The sHSPs are involved in the regulation of biological and abiotic stresses in plants [17]. In plums, PmHSP17.9 was up-regulated after being treated with heat stress, salt, dehydration, oxidative stress or ABA [18]. In this study, when cut lily flowers were treated with high temperature, low temperature, GABA and ABA, LbHSP17.9 transcription was induced; when LbHSP17.9 was silenced in cut lily flowers, the MDA content was higher than in TRV2; and when LbHSP17.9 was overexpressed in lily petal segments, the OE-LbHSP17.9 segments were brighter in color and had lower relative conductivity than the control under 4 °C stress. The gene LimHSP16.45 from Lilium davidii was cloned into A. thaliana and improved plant resistance to high temperature, high salt and oxidative stresses [23]. In this study, the leaves of two overexpressing A. thaliana lines under 4 °C treatment were greener than those of the WT, and the MDA content in the leaves was also significantly lower than that of the WT, indicating that overexpressing LbHSP17.9 improved the ability of A. thaliana to withstand cold stress. Overexpressing LimHSP16.45 improved the abiotic stress tolerance of A. thaliana plants [23]. The expression of TaHSP17.6 in A. thaliana improved plant tolerance to salt stress and reduced plant sensitivity to exogenous ABA; after removing the leaves, the hydration was superior in the transgenic compared to the WT leaves [24]. Transgenic tobacco plants expressing OsHsp17.4 and OsHsp17.9A proteins and Arabidopsis plants ectopically expressing OsHsp17.4 protein showed improved thermotolerance to the respective trans-hosts during the post-stress recovery process [25].

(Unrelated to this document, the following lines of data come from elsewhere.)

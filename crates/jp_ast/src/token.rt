use jp_pred::Name;

/// A place in a text. Lines and columns count from 1, columns in bytes; each stands still at the greatest `u32`.
#[derive(Clone, Copy, Debug, PartialEq, Eq)]
pub struct Place {
    pub line: u32,
    pub col: u32,
}

/// What a token is.
#[derive(Debug, Drop)]
pub enum Lexeme {
    /// A name or a reserved word.
    Word(Name),
    /// A number, and whether it was written in hexadecimal digits.
    Number { value: u32, hex: bool },
    /// A text literal's value, without its quotes and with its escapes resolved.
    Text(Name),
    /// A sign, as its position from 0 in the list
    /// `{ } ( ) [ ] ; , . = < > ! ~ ? : + - * / % & | ^ @ == != <= >= && || << >> >>> += -= ++ --`.
    Sign(u8),
    /// The end of the text.
    End,
}

/// A token with the place of its first byte.
#[derive(Debug, Drop)]
pub struct Token {
    pub place: Place,
    pub lexeme: Lexeme,
}
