// Charts: turnings that tell points. Stores: charts that can be changed.
#![tactic(auto)]

ghost use Rattle.std.specs.Prelude.{◌≡◌, ◌≤◌, Bool, true, false, ℤ, Option};
ghost use Rattle.turning.specs.Limits.{max_edge};
ghost use Rattle.chart.specs.declared.point.Point.{Point};
ghost use Rattle.chart.specs.declared.point.End.{End};
ghost use Rattle.chart.specs.Linework.{Placed};
ghost use Rattle.chart.specs.Changes.{starts_at, vertex_at};
ghost use Rattle.chart.specs.Bounds.{lines, meaning};
ghost use Rattle.chart.specs.Stores.{Frame, Hangs, Lifts, Cleaves};

use point::{End, Point};
use turning::Turning;
use turning::limits::MAX_EDGE;

pub mod asks;
pub mod point;

// A turning that also tells where each held name starts, and of another name nothing.
pub trait Chart: Turning {
    ghost points: { Self → ℤ → Option Point };

    fn point(&self, h: i16) -> Option<Point>
        ensures { result ≡ points self.now h };

    // The law over both meanings, as a call that does nothing.
    fn placed(&self)
        ensures { Placed max_edge (Self.Turning.turn self.now) (points self.now) };

    // Does some vertex stand at the point? Every name is asked; a chart may know better.
    fn is_vertex(&self, p: Point) -> bool
        ensures { result ≡ vertex_at max_edge (lines Self.Chart self.now) p }
    {
        self.placed();
        // A range without its last number, since std's lemmas on chains begin with such a one.
        (1..MAX_EDGE + 1).any(
            |e: u16| -> bool
                requires { e ≤ max_edge }
                ensures { result ≡ starts_at (lines Self.Chart self.entry.now) p e }
            {
                let h = e as i16;
                self.point(h) == Some(p) || self.point(-h) == Some(p)
            },
        )
    }
}

// A chart that can be changed. A no leaves the whole meaning, a yes the frame; after it, which pairs fit is the store's own.
pub trait Store: Chart {
    ghost frame: { Self → Frame };

    ghost fits: { Self → Point → Point → Bool };

    fn hang(&mut self, edge: u16, a: End, b: End) -> bool
        ensures { Hangs max_edge (meaning Self.Store self.old) edge a b result (meaning Self.Store self.new) };

    fn lift(&mut self, edge: u16) -> bool
        ensures { Lifts (meaning Self.Store self.old) edge result (meaning Self.Store self.new) };

    fn cleave(&mut self, edge: u16, east: u16, at: Point) -> bool
        ensures { Cleaves max_edge (meaning Self.Store self.old) edge east at result (meaning Self.Store self.new) };
}
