// Points of the sheet, and the ends of a new edge.
ghost use Rattle.std.specs.Prelude.{◌≡◌};
ghost use Rattle.chart.specs.Points.{within, on_sheet, west, told_west};

use std::fmt;
use turning::limits::MAX_COORDINATE;

// A point by its whole coordinates. Points are in order from west to east: by x, then by y.
#[derive(Clone, Copy, PartialEq, Eq, PartialOrd, Ord, Default, Debug)]
pub struct Point {
    pub x: i32,
    pub y: i32,
}

// An end of a new edge: its point, and the halfedge that it comes directly after, or none where the point is new.
#[derive(Clone, Copy, Debug)]
pub struct End {
    pub point: Point,
    pub corner: Option<i16>,
}

// Is the coordinate in range?
pub fn is_within(z: i32) -> bool
    ensures { result ≡ within z }
{
    (-MAX_COORDINATE..=MAX_COORDINATE).contains(&z)
}

impl Point {
    // Are both coordinates in range?
    pub fn is_on_sheet(self) -> bool
        ensures { result ≡ on_sheet self }
    {
        is_within(self.x) && is_within(self.y)
    }

    // Is this point west of the other: a smaller x, or an equal x and a smaller y? It stays beside `<`, as the subject's word for the order of points.
    pub fn is_west_of(self, other: Point) -> bool
        ensures { result ≡ west self other }
    {
        self < other
    }
}

impl End {
    ghost use Rattle.chart.specs.Ends.{new_end, after_corner};

    // The end of an edge at a new point.
    pub fn new(point: Point) -> End
        ensures { result ≡ new_end point }
    {
        End {
            point,
            corner: None,
        }
    }

    // The end of an edge directly after a corner that starts at the point.
    pub fn after(point: Point, corner: i16) -> End
        ensures { result ≡ after_corner point corner }
    {
        End {
            point,
            corner: Some(corner),
        }
    }
}

// Are two points told, the first west of the second?
pub fn is_told_west(p: Option<Point>, q: Option<Point>) -> bool
    ensures { result ≡ told_west p q }
{
    // A `match`, since it shows the answer where a point is missing: `zip` with `is_some_and` takes a closure and is no plainer.
    match (p, q) {
        (Some(p), Some(q)) => p.is_west_of(q),
        _ => false,
    }
}

impl fmt::Display for Point {
    fn fmt<W: fmt::Write>(&self, f: &mut fmt::Formatter<W>) -> fmt::Result {
        write!(f, "({}, {})", self.x, self.y)
    }
}
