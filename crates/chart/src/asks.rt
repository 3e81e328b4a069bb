// What a chart is asked before it is changed, for every chart alike.
ghost use Rattle.std.specs.Prelude.{◌≡◌, ◌≤◌, Bool, true, false, not, ◌&&◌, ℤ, pos, neg_ℤ, Option};
ghost use Rattle.turning.specs.Limits.{max_edge};
ghost use Rattle.chart.specs.Bounds.{lines};
ghost use Rattle.chart.specs.Changes.{numbered, western, eastern, joins_at, may_hang, may_cleave};

use crate::Chart;
use crate::point::{End, Point, is_told_west};
use turning::Turning;
use turning::limits::MAX_EDGE;

// Is it a number of an edge?
pub fn is_number(edge: u16) -> bool
    ensures { result ≡ numbered max_edge edge }
{
    (1..=MAX_EDGE).contains(&edge)
}

// Is the edge held?
pub fn holds_edge<T: Turning>(t: &T, edge: u16) -> bool
    ensures { result ≡ (T.Turning.turn t.now).held (pos edge) }
{
    edge <= MAX_EDGE && t.holds(edge as i16)
}

// Where the name starts, in range or not.
fn start_of<C: Chart>(chart: &C, name: i32) -> Option<Point>
    ensures { result ≡ C.Chart.points chart.now name }
{
    chart.placed();
    let Ok(h) = i16::try_from(name) else {
        return None;
    };
    chart.point(h)
}

// Where the edge starts, its western end.
pub fn west_end<C: Chart>(chart: &C, edge: u16) -> Option<Point>
    ensures { result ≡ C.Chart.points chart.now (pos edge) }
{
    start_of(chart, edge as i32)
}

// Where the edge ends, its eastern end.
pub fn east_end<C: Chart>(chart: &C, edge: u16) -> Option<Point>
    ensures { result ≡ C.Chart.points chart.now (neg_ℤ (pos edge)) }
{
    start_of(chart, -(edge as i32))
}

// The two ends, the western one first.
pub fn west_to_east(a: End, b: End) -> (End, End)
    ensures west { result.0 ≡ western a b }
    ensures east { result.1 ≡ eastern a b }
{
    if a.point.is_west_of(b.point) {
        (a, b)
    } else {
        (b, a)
    }
}

// Does the corner, if one is given, start at the point? Is the point on no vertex, if none is?
pub fn joins_at<C: Chart>(chart: &C, end: End) -> bool
    ensures { result ≡ joins_at max_edge (lines C.Chart chart.now) end.point end.corner }
{
    // A `match`, since the two cases ask of different things: a chain over the Option would be no plainer.
    match end.corner {
        None => !chart.is_vertex(end.point),
        Some(c) => chart.holds(c) && chart.point(c) == Some(end.point),
    }
}

// May the edge hang between the two ends, where `fits` says whether their points fit?
pub fn may_hang<C: Chart>(chart: &C, edge: u16, a: End, b: End, fits: bool) -> bool
    ensures { result ≡ may_hang max_edge (lines C.Chart chart.now) (λ _ _. fits) edge a b }
{
    is_number(edge)
        && !holds_edge(chart, edge)
        && a.point.is_on_sheet()
        && b.point.is_on_sheet()
        && a.point != b.point
        && joins_at(chart, a)
        && joins_at(chart, b)
        && fits
}

// May the edge be cleft at the point, its eastern part a new edge, where `fits` says whether the point fits?
pub fn may_cleave<C: Chart>(chart: &C, edge: u16, east: u16, at: Point, fits: bool) -> bool
    ensures { result ≡ may_cleave max_edge (lines C.Chart chart.now) (λ _ _. fits) edge east at }
{
    holds_edge(chart, edge)
        && is_number(east)
        && !holds_edge(chart, east)
        && at.is_on_sheet()
        && !chart.is_vertex(at)
        && is_told_west(west_end(chart, edge), Some(at))
        && is_told_west(Some(at), east_end(chart, edge))
        && fits
}
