// Where these bytes of the home address stand.
fn home_address_window(extent: AreaBytes) -> Window
    ensures { result ≡ home_address_place extent }
{
    match extent {
        AreaBytes::HomeAddress => Window {
            start: 0,
            len: RECORDS_START,
        },
        AreaBytes::CylinderAndHead => Window {
            start: 1,
            len: RECORDS_START - 1,
        },
        _ => Window { start: 0, len: 0 },
    }
}

// Where these bytes of the record at an offset stand.
#[inline(always)]
fn record_window(slot: &[u8], at: usize, extent: AreaBytes) -> Window
    requires room { at + 8 ≤ length slot.now }
    requires size { length slot.now < 2 ^ 32 }
    ensures { result ≡ record_place extent at (key_length (drop at slot.now)) (data_length (drop at slot.now)) }
{
    let count = &slot[at..];
    let key = key_length(count);
    let data = data_length(count);
    let (start, len) = match extent {
        AreaBytes::Identifier => (at, 5),
        AreaBytes::Count => (at, COUNT_LENGTH),
        AreaBytes::Key => (at + COUNT_LENGTH, key),
        AreaBytes::Data => (at + COUNT_LENGTH + key, data),
        AreaBytes::KeyAndData => (at + COUNT_LENGTH, key + data),
        AreaBytes::CountKeyAndData => (at, COUNT_LENGTH + key + data),
        AreaBytes::Nothing | AreaBytes::CylinderAndHead | AreaBytes::HomeAddress => (0, 0),
    };
    Window { start, len }
}

// The same, and whether the record has no data.
#[inline(always)]
fn record_part(slot: &[u8], at: usize, extent: AreaBytes) -> (Window, bool)
    requires room { at + 8 ≤ length slot.now }
    requires size { length slot.now < 2 ^ 32 }
    ensures place { result.0 ≡ record_place extent at (key_length (drop at slot.now)) (data_length (drop at slot.now)) }
    ensures no_data { result.1 ≡ (data_length (drop at slot.now) == 0) }
{
    (
        record_window(slot, at, extent),
        record_window(slot, at, AreaBytes::Data).len == 0,
    )
}

// Writes so many zeros from an offset on, which are often none, and behind all records the end mark and zeros; from
// `zeros_from` on, or from that offset on where that is later, all bytes of the slot are zero before.
fn end_with_zeros(slot: &mut [u8], at: usize, n: usize, end: usize, zeros_from: usize)
    requires area { at + n ≤ end }
    requires room { end + 8 ≤ length slot.old }
    requires zeros { IsZeroFrom slot.old (max zeros_from at) }
    ensures { slot.new ≡ ended_at (overwritten slot.old at (replicate n 0)) end }
{
    if n == 0 {
        put_end_mark(slot, end, zeros_from);
        return;
    }
    clear_area(slot, at, n, end, zeros_from.max(at));
}

// Writes these bytes at a place and zeros behind them, as many as the place has room for, and behind all records the
// end mark and zeros; from `zeros_from` on, or from the place on where that is later, all bytes of the slot are zero
// before.
#[inline(always)]
fn write_area(slot: &mut [u8], place: Window, bytes: &[u8], end: usize, zeros_from: usize)
    requires area { place.start + place.len ≤ end }
    requires room { end + 8 ≤ length slot.old }
    requires first { length bytes.now ≤ place.len }
    requires zeros { IsZeroFrom slot.old (max zeros_from place.start) }
    ensures { slot.new ≡ ended_at (overwritten slot.old place.start (padded bytes.now place.len)) end }
{
    let rest = place.len - bytes.len();
    end_with_zeros(slot, place.start + bytes.len(), rest, end, zeros_from);
    overwrite(slot, place.start, bytes);
}

// Writes these count bytes before a place, at the place these bytes and zeros behind them, and behind the place the end mark and
// zeros; from `zeros_from` on all bytes of the slot are zero before.
// By itself, since mostly the bytes come whole, and zeros are behind them already.
#[inline(never)]
fn clear_and_write(slot: &mut [u8], count: &[u8; 8], place: Window, bytes: &[u8], zeros_from: usize)
    requires before { 8 ≤ place.start }
    requires room { place.start + place.len + 8 ≤ length slot.old }
    requires first { length bytes.now ≤ place.len }
    requires zeros { IsZeroFrom slot.old zeros_from }
    ensures { slot.new ≡ ended_at (overwritten (overwritten slot.old (place.start - 8) count.now) place.start
        (padded bytes.now place.len)) (place.start + place.len) }
{
    overwrite(slot, place.start - COUNT_LENGTH, count);
    write_area(slot, place, bytes, place.start + place.len, zeros_from);
}

// The same, also where nothing is to be cleared.
#[inline(always)]
fn write_record(slot: &mut [u8], count: &[u8; 8], place: Window, bytes: &[u8], zeros_from: usize)
    requires before { 8 ≤ place.start }
    requires room { place.start + place.len + 8 ≤ length slot.old }
    requires first { length bytes.now ≤ place.len }
    requires zeros { IsZeroFrom slot.old zeros_from }
    ensures { slot.new ≡ ended_at (overwritten (overwritten slot.old (place.start - 8) count.now) place.start
        (padded bytes.now place.len)) (place.start + place.len) }
{
    let end = place.start + place.len;
    if bytes.len() < place.len || end + COUNT_LENGTH < zeros_from {
        clear_and_write(slot, count, place, bytes, zeros_from);
        return;
    }
    overwrite(slot, place.start - COUNT_LENGTH, count);
    put_end_mark(slot, end, zeros_from);
    overwrite(slot, place.start, bytes);
}
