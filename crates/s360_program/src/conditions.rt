//! What the channel reports of a program's end, beside what the drive reports (Principles of Operation, Input/Output Operations:
//! 'Channel Status Conditions').

ghost use Rattle.std.specs.Prelude.{◌≡◌};
ghost use Rattle.s360_laws.specs.Endings.{csw_at};
ghost use Rattle.s360_laws.specs.Status.{beside, with_interruption};
ghost use Rattle.s360_program.specs.Place.{place_of};
ghost use Rattle.s360_program.specs.Steps.{status_of, condition_for, chains_after};

use crate::place::Place;
use bitflags::Flags;
use s360_words::{Ccw, ChannelStatus, Csw, UnitStatus};

/// What the channel itself has to report.
#[derive(Clone, Copy, PartialEq, Eq)]
pub(crate) enum ChannelCondition {
    /// Nothing.
    Clear,
    /// The count and the drive's length differ.
    IncorrectLength,
    /// The program is in error.
    ProgramCheck,
    /// A byte of storage may not be stored into with the program's key.
    ProtectionCheck,
}

impl ChannelCondition {
    /// How the length of a command is reported: incorrect length is not reported beside unit check.
    pub(crate) fn of_length(incorrect: bool, unit: UnitStatus) -> ChannelCondition
        ensures { result ≡ condition_for incorrect unit }
    {
        if incorrect && !unit.intersects(UnitStatus::UNIT_CHECK) {
            ChannelCondition::IncorrectLength
        } else {
            ChannelCondition::Clear
        }
    }

    /// The channel status of this condition.
    pub(crate) fn status(self) -> ChannelStatus
        ensures { result ≡ status_of self }
    {
        match self {
            ChannelCondition::Clear => ChannelStatus(0),
            ChannelCondition::IncorrectLength => ChannelStatus::INCORRECT_LENGTH,
            ChannelCondition::ProgramCheck => ChannelStatus::PROGRAM_CHECK,
            ChannelCondition::ProtectionCheck => ChannelStatus::PROTECTION_CHECK,
        }
    }

    /// The same beside the unit status of the program's end.
    pub(crate) fn beside(self, unit: UnitStatus) -> ChannelStatus
        ensures { result ≡ beside unit (status_of self) }
    {
        if unit.intersects(UnitStatus::UNIT_CHECK) && self == ChannelCondition::IncorrectLength {
            ChannelStatus(0)
        } else {
            self.status()
        }
    }
}

/// Whether the next command follows: the word asks for it, and neither the unit status nor the channel's condition stops it.
pub(crate) fn chains(ccw: Ccw, unit: UnitStatus, condition: ChannelCondition) -> bool
    ensures { result ≡ chains_after ccw unit condition }
{
    ccw.chains_command()
        && !(unit.intersects(UnitStatus::UNIT_CHECK) || unit.intersects(UnitStatus::UNIT_EXCEPTION))
        && condition == ChannelCondition::Clear
}

/// An interruption that was asked for and not taken is reported with the ending.
pub(crate) fn with_interruption(asked: bool, status: ChannelStatus) -> ChannelStatus
    ensures { result ≡ with_interruption asked status }
{
    if asked {
        ChannelStatus(ChannelStatus::PROGRAM_CONTROLLED_INTERRUPTION.0 | status.0)
    } else {
        status
    }
}

/// The channel status word at a place: its command address is that of the last word plus 8, and its count what is left there.
pub(crate) fn csw_at(key: u8, place: &Place, unit: UnitStatus, channel: ChannelStatus) -> Csw
    ensures { result ≡ csw_at key (place_of place.now) unit channel }
{
    Csw {
        key,
        address: (place.last % (1 << 24) + 8) % (1 << 24),
        unit,
        channel,
        count: place.residual,
    }
}
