//! What is seen of a running program between two units.

use s360_words::Ccw;

/// What the next unit of a program does.
#[derive(Clone, Copy, Debug, PartialEq, Eq)]
pub enum AtWork {
    /// It fetches the word that begins a command.
    Fetching,
    /// It looks for the area of the command of this word.
    Looking(Ccw),
    /// It moves bytes under this word, from or to this address on.
    Moving(Ccw, u32),
}

/// A running program, as it is seen between two units.
#[derive(Clone, Copy, Debug, PartialEq, Eq)]
pub struct ProgramView {
    /// The protection key of its stores.
    pub key: u8,
    /// Where the last word was whose fetch was tried.
    pub last: u32,
    /// Where the next word is.
    pub next: u32,
    /// The count left in the last good word: the residual count.
    pub residual: u16,
    /// Whether an interruption is asked for and not yet taken.
    pub interruption: bool,
    /// What the next unit does.
    pub at_work: AtWork,
}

The sHSPs play decisive roles in the defense of organisms during physiological stress by protecting natural proteins from irreversible aggregation and oxidative inactivation [26]. In Lilium davidii, LimHSP16.45 has a protective effect on pollen mother cells and tapetal cells under extreme temperatures in meiosis I from the late even-line to the coarse-line stage [27]. In this study, when TRV2::LbHSP17.9 plants were subjected to 4 °C stress, CAT and POD activities were lower in these plans than in the TRV2 plants, and the SOD activity in the late stage was significantly lower than that of the controls. Further analysis of the transcription level of antioxidant enzyme genes showed that the transcription levels of LbCu/ZnSOD, LbMnSOD and LbCAT in TRV2::LbHSP17.9 were lower than those of TRV2. In transgenic seeds expressing Nelumbo nucifera NnHsp17.5 in A. thaliana, the SOD activity was increased after accelerated aging treatment [28]. Transgenic A. thaliana plants overexpressing poplar PtsHsp17.8 also showed higher tolerance to high temperature and salt stress than control plants due to the increase in activity of antioxidant enzymes [29].

5. Conclusions

The results showed that silencing LbHSP17.9 in cut lily flowers reduced their cold stress resistance, while LbHSP17.9 overexpression in A. thaliana resulted in stronger cold resistance than that of the WT, which was related to the activity of antioxidant enzymes and the transcription level of their genes. Our study aimed to enhance the cold stress resistance of cut lilies after harvest and long-distance transportation by regulating LbHSP17.9 expression, thereby avoiding the bud deformity and premature aging caused by stress and finally extending the bottle insertion period of cut lilies, which could improve the quality of cut lilies.